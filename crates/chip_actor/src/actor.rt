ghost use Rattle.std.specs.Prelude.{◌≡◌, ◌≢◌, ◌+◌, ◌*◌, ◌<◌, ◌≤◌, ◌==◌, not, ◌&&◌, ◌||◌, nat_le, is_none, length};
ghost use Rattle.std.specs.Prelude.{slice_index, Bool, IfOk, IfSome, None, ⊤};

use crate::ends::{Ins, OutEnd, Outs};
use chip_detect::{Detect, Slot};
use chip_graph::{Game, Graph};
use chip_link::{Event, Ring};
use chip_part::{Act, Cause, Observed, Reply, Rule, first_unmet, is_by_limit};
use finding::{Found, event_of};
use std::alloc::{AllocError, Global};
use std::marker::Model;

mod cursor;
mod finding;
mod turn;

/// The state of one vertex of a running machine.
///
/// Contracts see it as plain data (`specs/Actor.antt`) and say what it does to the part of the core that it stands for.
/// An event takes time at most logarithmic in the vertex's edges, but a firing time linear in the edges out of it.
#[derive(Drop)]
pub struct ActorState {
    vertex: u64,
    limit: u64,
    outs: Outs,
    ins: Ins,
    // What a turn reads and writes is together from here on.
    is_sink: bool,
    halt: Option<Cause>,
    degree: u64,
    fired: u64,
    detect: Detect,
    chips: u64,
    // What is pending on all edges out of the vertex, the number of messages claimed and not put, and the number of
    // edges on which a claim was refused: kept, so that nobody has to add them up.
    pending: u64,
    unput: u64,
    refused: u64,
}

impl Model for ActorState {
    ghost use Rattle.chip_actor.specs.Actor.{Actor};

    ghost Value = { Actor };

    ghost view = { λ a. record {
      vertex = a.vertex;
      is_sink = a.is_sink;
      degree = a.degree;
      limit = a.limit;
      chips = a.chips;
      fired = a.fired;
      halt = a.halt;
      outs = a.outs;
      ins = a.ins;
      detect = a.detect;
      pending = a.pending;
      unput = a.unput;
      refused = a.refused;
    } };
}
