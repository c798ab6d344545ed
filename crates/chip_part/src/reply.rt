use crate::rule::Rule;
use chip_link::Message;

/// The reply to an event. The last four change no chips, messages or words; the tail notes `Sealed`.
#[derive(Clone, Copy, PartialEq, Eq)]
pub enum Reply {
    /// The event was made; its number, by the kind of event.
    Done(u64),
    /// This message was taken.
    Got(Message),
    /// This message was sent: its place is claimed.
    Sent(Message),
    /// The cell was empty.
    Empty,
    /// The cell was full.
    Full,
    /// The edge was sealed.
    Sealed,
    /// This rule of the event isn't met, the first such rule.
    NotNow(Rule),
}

#####

> WORK ITEM: Each record above has to be set down again, word for word.

> OUTPUT FOR THIS EXERCISE:
filename crates/chip_actor/src/actor.rt
ghost use Rattle.std.specs.Prelude.{◌≡◌, ◌≢◌, ◌+◌, ◌*◌, ◌<◌, ◌≤◌, ◌==◌, not, ◌&&◌, ◌||◌, nat_le, is_none, length};
ghost use Rattle.std.specs.Prelude.{slice_index, Bool, IfOk, IfSome, None, ⊤};

use crate::ends::{Ins, OutEnd, Outs};
use chip_detect::{Detect, Slot};
use chip_graph::{Game, Graph};
use chip_link::{Event, Ring};
use chip_part::{Act, Cause, Observed, Reply, Rule, first_unmet, is_by_limit};
use finding::{Found, event_of};
use std::alloc::{AllocError, Global};
use std::marker::Model;

mod cursor;
mod finding;
mod turn;

/// The state of one vertex of a running machine.
///
/// Contracts see it as plain data (`specs/Actor.antt`) and say what it does to the part of the core that it stands for.
/// An event takes time at most logarithmic in the vertex's edges, but a firing time linear in the edges out of it.
#[derive(Drop)]
pub struct ActorState {
    vertex: u64,
    limit: u64,
    outs: Outs,
    ins: Ins,
    // What a turn reads and writes is together from here on.
    is_sink: bool,
    halt: Option<Cause>,
    degree: u64,
    fired: u64,
    detect: Detect,
    chips: u64,
    // What is pending on all edges out of the vertex, the number of messages claimed and not put, and the number of
    // edges on which a claim was refused: kept, so that nobody has to add them up.
    pending: u64,
    unput: u64,
    refused: u64,
}

impl Model for ActorState {
    ghost use Rattle.chip_actor.specs.Actor.{Actor};

    ghost Value = { Actor };

    ghost view = { λ a. record {
      vertex = a.vertex;
      is_sink = a.is_sink;
      degree = a.degree;
      limit = a.limit;
      chips = a.chips;
      fired = a.fired;
      halt = a.halt;
      outs = a.outs;
      ins = a.ins;
      detect = a.detect;
      pending = a.pending;
      unput = a.unput;
      refused = a.refused;
    } };
}
repository c798ab6d344545ed
filename crates/chip_part/src/reply.rt
use crate::rule::Rule;
use chip_link::Message;

/// The reply to an event. The last four change no chips, messages or words; the tail notes `Sealed`.
#[derive(Clone, Copy, PartialEq, Eq)]
pub enum Reply {
    /// The event was made; its number, by the kind of event.
    Done(u64),
    /// This message was taken.
    Got(Message),
    /// This message was sent: its place is claimed.
    Sent(Message),
    /// The cell was empty.
    Empty,
    /// The cell was full.
    Full,
    /// The edge was sealed.
    Sealed,
    /// This rule of the event isn't met, the first such rule.
    NotNow(Rule),
}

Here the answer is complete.